Generative AI Challenges: Inaccuracy, Customer Data Privacy

While there are numerous benefits to adopting generative AI solutions in contact centers, there are also challenges and limitations to consider. Large language models may struggle with complex inquiries, leading to inaccurate responses. Additionally, there are concerns surrounding data privacy, security and potential biases in AI training data.

Joe Bradley, chief scientist at LivePerson, a conversational AI platform provider, told CMSWire that generative AI and LLMs such as ChatGPT are not ready for enterprise use right out of the box, and that there are several issues that must be addressed when using generative AI. “LLMs can include bias, whether through toxicity, hurtful language or polarizing responses leading to unintended consequences.” This has already been seen in the past with Amazon’s employment pre-screening AI, and more recently with the new AI-driven Bing

Additionally, generative AI models must be fine-tuned using data that is relevant to the task, brand or industry. “Using LLMs to generate content that is relevant to your business with little or no customization or fine-tuning will result in responses that are too generic or even irrelevant to the brand’s products or the consumer needs,” said Bradley.
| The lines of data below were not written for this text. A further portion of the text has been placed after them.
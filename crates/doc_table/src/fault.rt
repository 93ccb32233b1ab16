//! What is wrong with a document.
ghost use Rattle.std.specs.Prelude.{◌≡◌};
ghost use Rattle.doc_table.specs.declared.fault.TableEnd.TheVariants as ends;

use arrayvec::ArrayString;
use ep_base::NoMemory;
use std::alloc::{AllocError, AllocFailed};
use std::marker::Model;

/// The kinds of fault.
#[derive(Clone, Copy, Debug, PartialEq, Eq)]
pub enum DocKind {
    UnknownKey,
    Missing,
    WrongKind,
    BadValue,
    TooMany,
    Conflict,
}

/// A fault, its place, and a number that tells more.
#[derive(Debug, Drop)]
pub struct DocFault {
    pub kind: DocKind,
    pub path: ArrayString<96>,
    pub number: i64,
}

impl Model for DocFault {
    ghost use Rattle.doc_table.specs.Fault.{Fault};

    ghost Value = { Fault };

    ghost view = { λ f. record { kind = f.kind; path = f.path.bytes; number = f.number } };
}

/// Why a call that takes memory gave nothing.
#[derive(Debug, Drop)]
pub enum TableEnd {
    Fault(DocFault),
    NoMemory,
}

impl From<DocFault> for TableEnd {
    ghost from_gives = { λ f e. e ≡ ends.Fault f };

    fn from(fault: DocFault) -> TableEnd {
        TableEnd::Fault(fault)
    }
}

impl From<AllocError> for TableEnd {
    ghost from_gives = { λ _ e. e ≡ ends.NoMemory };

    fn from(_e: AllocError) -> TableEnd {
        TableEnd::NoMemory
    }
}

impl<T: Drop> From<AllocFailed<T>> for TableEnd {
    ghost from_gives = { λ _ e. e ≡ ends.NoMemory };

    fn from(_e: AllocFailed<T>) -> TableEnd {
        TableEnd::NoMemory
    }
}

impl From<NoMemory> for TableEnd {
    ghost from_gives = { λ _ e. e ≡ ends.NoMemory };

    fn from(_e: NoMemory) -> TableEnd {
        TableEnd::NoMemory
    }
}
If generative AI is going to be used with workflows that are not included in the contact center solution a brand is using, it will have to be integrated with a brand’s current software and procedures. “If a company wanted to use an LLM to generate automated responses to customer complaints, the LLM would not inherently understand how to integrate with the company's complaint management system and follow the appropriate workflow,” said Bradley. 

Similarly, while generative AI is great at having conversations, it does not innately have the ability to follow up with specific actions. “Large language models, such as GPT-3 or BERT, are designed to analyze and generate humanlike language. However, they are not typically connected to inventory systems and do not have the capability to perform orders, order tracking or checking if something is available for customer service,” Bradley explained.

Integrating AI solutions into existing contact center infrastructure can be complex, and it may be more effective to use a contact center platform that already includes generative AI functionality. Brands that wish to stick with their current platforms should evaluate their current systems and processes to determine where AI can be useful and more easily integrated. This may involve updating software platforms, implementing APIs or working with third-party providers to ensure a smooth integration.

Final Thoughts on Generative AI Contact Center Solutions

Generative AI contact center solutions present numerous opportunities for enhancing customer service and technical support. By carefully considering the potential drawbacks and limitations, addressing implementation challenges, and encouraging collaboration between human agents and AI systems, brands can approach the full potential of AI-powered customer service.